Clinical Trials

The trial demonstrated that 50% of those subcutaneously (SC) treated with 200mg Tremfya every four weeks and 45.2% of those treated with SC Tremfya 100mg every eight weeks achieved the primary endpoint of clinical remission at 44 weeks of treatment, compared to 18.9% in the placebo group.

Of these patients in clinical remission, 67% and 71%, respectively, were also in endoscopic remission at the 44 week mark, which indicates that they had a normal appearance of intestinal mucosa.

Both treatment groups also met all nine secondary endpoints.

David Lee MD PhD, global therapeutic area head of Immunology at J&J, commented: “The phase 3 QUASAR Maintenance Study continues to demonstrate the promise of Tremfya to unlock potential treatment options for patients living with UC who continue to experience debilitating symptoms despite the availability of treatments today. These findings underscore our commitment to elevate the standard of care in UC and strengthen our resolve to advance inflammatory bowel disease science.”
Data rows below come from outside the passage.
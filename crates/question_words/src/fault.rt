//! Why a report's words ask no question.

use codes_core::CodeFault;
use std::alloc::AllocError;
use thiserror::Error;

/// Why a value of a report's words is not in its form, with the text of the value.
#[derive(Clone, Copy, Debug, PartialEq, Eq, Error)]
pub enum ValueFault<'a> {
    /// The text is not a day.
    #[error("{1}: no day: {0}")]
    Day(CodeFault, &'a str),
    /// The text is not the code of a thing.
    #[error("{1}: no code of a thing: {0}")]
    Thing(CodeFault, &'a str),
    /// The text is not the code of a loan.
    #[error("{1}: no code of a loan: {0}")]
    Loan(CodeFault, &'a str),
    /// The text is not the code of a place.
    #[error("{1}: no code of a place: {0}")]
    Place(CodeFault, &'a str),
    /// The text is not a number.
    #[error("{0}: no number")]
    Number(&'a str),
}

/// Why the words of a report want nothing.
#[derive(Clone, Copy, Debug, PartialEq, Eq, Error)]
pub enum WantedFault<'a> {
    /// A value is not in its form.
    #[error("{0}")]
    Value(ValueFault<'a>),
    /// A request for memory was refused.
    #[error("out of memory")]
    NoMemory,
}

impl<'a> From<ValueFault<'a>> for WantedFault<'a> {
    ghost use Rattle.std.specs.Prelude.{◌≡◌};
    ghost use Rattle.question_words.specs.declared.fault.WantedFault.TheVariants as faults;

    ghost from_gives = { λ fault e. e ≡ faults.Value fault };

    fn from(fault: ValueFault<'a>) -> WantedFault<'a> {
        WantedFault::Value(fault)
    }
}

impl<'a> From<AllocError> for WantedFault<'a> {
    ghost use Rattle.std.specs.Prelude.{◌≡◌};
    ghost use Rattle.question_words.specs.declared.fault.WantedFault.TheVariants as faults;

    ghost from_gives = { λ _ e. e ≡ faults.NoMemory };

    fn from(_error: AllocError) -> WantedFault<'a> {
        WantedFault::NoMemory
    }
}
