impl<S: Alter> Model for SqlRegister<S> {
    ghost use Rattle.std.specs.Prelude.{is_some};
    ghost use Rattle.sqlite.specs.Held.{state};
    ghost use Rattle.register_sql.specs.Stores.{Kept, kept_code, IsKept};

    ghost Value = { Kept S };

    ghost coded = { kept_code S.code };

    ghost view = { λ r. record {
      conn = r.link.conn;
      bound = r.link.bound;
      stopped = is_some r.link.stopped;
      failure = r.link.stopped;
      stations = r.stations;
      refusals = r.refusals;
    } };

    ghost invariant = { λ r. IsKept (state S.Store r.link.conn) r.link.bound r.link.stopped };
}

impl<S: Alter> SqlRegister<S> {
    ghost use Rattle.register_sql.specs.Stores.{Kept};

    /// Takes over an open connection that has no transaction, and sends it nothing. The store may
    /// hold the rows of the connection's committed database, and no others. No setup is bound to it
    /// yet.
    pub fn adopt(conn: Connection<S>) -> SqlRegister<S>
        requires between { conn.in_transaction ≡ false }
        requires open { HasCleanDisk (state S.Store conn) → IsTrue (state S.Store conn).is_open }
        ensures new { (result.bound ≡ false) × (result.stations ≡ 0) × (result.refusals ≡ 0) }
        ensures going { result.stopped ≡ false }
        ensures same { result.conn ≡ conn }
        ensures shown { HasCleanDisk (state S.Store conn)
            → HasIts (in_store (state S.Store conn)) (state S.Store conn).committed.trees }
    {
        let _settled = conn.is_autocommit();
        SqlRegister {
            link: Link {
                conn,
                bound: false,
                stopped: None,
            },
            stations: 0,
            refusals: 0,
        }
    }

    /// Makes a store of version 1 with this setup one of version 2. Entries, spots, loan lines,
    /// setup and the depth limit (8) stay. The store gets the table of last days, with those that
    /// its entries set, and version 2. A store of version 2 stays as it is, whatever else is in it.
    ///
    /// Faults, in this order:
    /// - Store: the tables aren't those of a store, whole or partly created.
    /// - OtherVersion: the store is new, or of a version other than 1 and 2.
    /// - Damaged(0): the rows about the store aren't whole.
    /// - OtherSetup.
    /// - Store: the tables aren't the five of version 1, or rowids aren't distinct numbers.
    /// - Damaged(i): row i is the first that is no entry of version 1. That version has no
    ///   extension, and no verdict NotLater.
    ///
    /// NoMemory, and Store after a failed statement, can come instead of any other result; the
    /// store may then have been migrated all the same. After any other fault it is as it was. If
    /// the register had stopped before, the fault is always Store. If this call stops it, a
    /// statement failed.
    pub fn migrate(&mut self, alloc: Global, setup: &Setup) -> Result<(), StoreFault>
        ensures migrated { OnOk result
            (Comes (in_store (state S.Store self.old.conn))
            (in_store (state S.Store self.new.conn)) (Migrates setup.now)) }
        ensures whole { HasCleanDisk (state S.Store self.new.conn)
            → OnOk result
            (IsCompleted (state S.Store self.old.conn) (state S.Store self.new.conn)) }
        ensures refused { IfErr result
            (λ fault. Comes (in_store (state S.Store self.old.conn))
            (in_store (state S.Store self.new.conn)) (IsNotMigrated setup.now fault)) }
        ensures unfit { HasCleanDisk (state S.Store self.new.conn) → self.new.stopped ≡ false
            → result ≡ Err StoreFault.Store → IsUnfit setup.now (state S.Store self.old.conn).now }
        ensures still { (self.new.bound ≡ self.old.bound)
            × (self.new.stations ≡ self.old.stations) }
        ensures count { CountsRefusal self.old.refusals self.new.refusals result }
        ensures stops { Stops self.old.stopped self.new.stopped result }
        ensures excused { IsExcusedStop S.Store self.old self.new result }
    {
        let answer = migrate_store(alloc, &mut self.link, setup);
        self.refusals = recount(self.refusals, &answer);
        answer
    }

    /// Returns whether the store has no record yet, so that [`bind`](Register::bind) begins one. A
    /// database with other tables than a store's isn't new; `bind` rejects it. The store stays as
    /// it was. Faults: Store if a statement fails, or failed before; NoMemory. If this call stops
    /// the register, a statement failed.
    pub fn is_new(&mut self, alloc: Global) -> Result<bool, StoreFault>
        ensures told { HasCleanDisk (state S.Store self.new.conn)
            → IfOk result (IsNewness (state S.Store self.old.conn).now) }
        ensures faults { IfErr result (λ fault. is_failure fault ≡ true) }
        ensures unchanged { Comes (in_store (state S.Store self.old.conn))
            (in_store (state S.Store self.new.conn)) AreSame }
        ensures still { (self.new.bound ≡ self.old.bound)
            × (self.new.stations ≡ self.old.stations) }
        ensures count { CountsRefusal self.old.refusals self.new.refusals result }
        ensures stops { Stops self.old.stopped self.new.stopped result }
        ensures excused { IsExcusedStop S.Store self.old self.new result }
        ensures store { result ≡ Err StoreFault.Store → self.new.stopped ≡ true }
    {
        let answer = store_is_new(alloc, &mut self.link);
        self.refusals = recount(self.refusals, &answer);
        answer
    }

    /// Replaces the setup in a bound store by one that has grown, in one transaction; everything
    /// else stays. The register is then bound to the new setup. The call doesn't compare the two
    /// setups: the caller takes what [`Setup::grown`](nest_core::Setup::grown) returned.
    ///
    /// Faults: Store if rowids aren't distinct numbers, or if a statement fails or failed before;
    /// NoMemory. Unless the register has stopped, the store is then as it was. Otherwise a later
    /// opening finds either setup whole. If the register had stopped before, the fault is Store. If
    /// this call stops it, a statement failed.
    pub fn grow(&mut self, alloc: Global, setup: &Setup) -> Result<(), StoreFault>
        requires { self.old.bound ≡ true }
        ensures grown { OnOk result
            (Comes (in_store (state S.Store self.old.conn))
            (in_store (state S.Store self.new.conn)) (IsGrown setup.now)) }
        ensures failed { OnErr result
            (Comes (in_store (state S.Store self.old.conn))
            (in_store (state S.Store self.new.conn))
            (λ c d. AreSame c d ⊎ IsGrown setup.now c d)) }
        ensures unchanged { self.new.stopped ≡ false → OnErr result
            (Comes (in_store (state S.Store self.old.conn))
            (in_store (state S.Store self.new.conn)) AreSame) }
        ensures faults { IfErr result (λ fault. is_failure fault ≡ true) }
        ensures unfit { HasCleanDisk (state S.Store self.new.conn) → self.new.stopped ≡ false
            → result ≡ Err StoreFault.Store
            → ¬ AreApart 6 (state S.Store self.old.conn).now.trees }
        ensures ready { OnOk result (self.new.stations ≡ length setup.now.stations) }
        ensures not_ready { OnErr result (self.new.stations ≡ self.old.stations) }
        ensures still { self.new.bound ≡ true }
        ensures count { CountsRefusal self.old.refusals self.new.refusals result }
        ensures crash { Survives (state S.Store self.old.conn) (state S.Store self.new.conn)
            (LeavesWhole (state S.Store self.old.conn) (with_setup setup.now)) }
        ensures stops { Stops self.old.stopped self.new.stopped result }
        ensures excused { IsExcusedStop S.Store self.old self.new result }
    {
        let answer = grow_store(alloc, &mut self.link, setup);
        self.refusals = recount(self.refusals, &answer);
        if answer.is_ok() {
            self.stations = setup.stations();
        }
        answer
    }

    /// Returns the error of the statement that stopped the register, or None while it runs. A
    /// stopped register never runs again.
    pub fn failure(&self) -> Option<Error>
        ensures same { result ≡ self.now.failure }
        ensures stopped { is_some result ≡ self.now.stopped }
    {
        self.link.stopped
    }

    /// Ends the register, and returns its connection as it is.
    pub fn into_connection(self) -> Connection<S>
        ensures same { result ≡ self.conn }
        ensures shown { IsTrue (state S.Store self.conn).is_open
            → HasIts (in_store (state S.Store self.conn))
            (state S.Store self.conn).committed.trees }
    {
        let SqlRegister {
            link,
            stations: _,
            refusals: _,
        } = self;
        let Link {
            conn,
            bound: _,
            stopped: _,
        } = link;
        conn
    }
}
David T Rubin MD, chief of the Section of Gastroenterology, Hepatology and Nutrition, University of Chicago, US, and lead study investigator, added: “These data suggest the potential of guselkumab to provide durable, clinical remission and improve important high-bar endpoints such as endoscopic remission to the point of normalisation and histologic remission, which represent the kind of progress needed in new treatments for this inflammatory bowel disease. The clinical results measured at Week 44 in the QUASAR Maintenance Study suggest that treatment with guselkumab is a promising therapy to help ulcerative colitis patients with challenging symptoms that impact their daily lives.”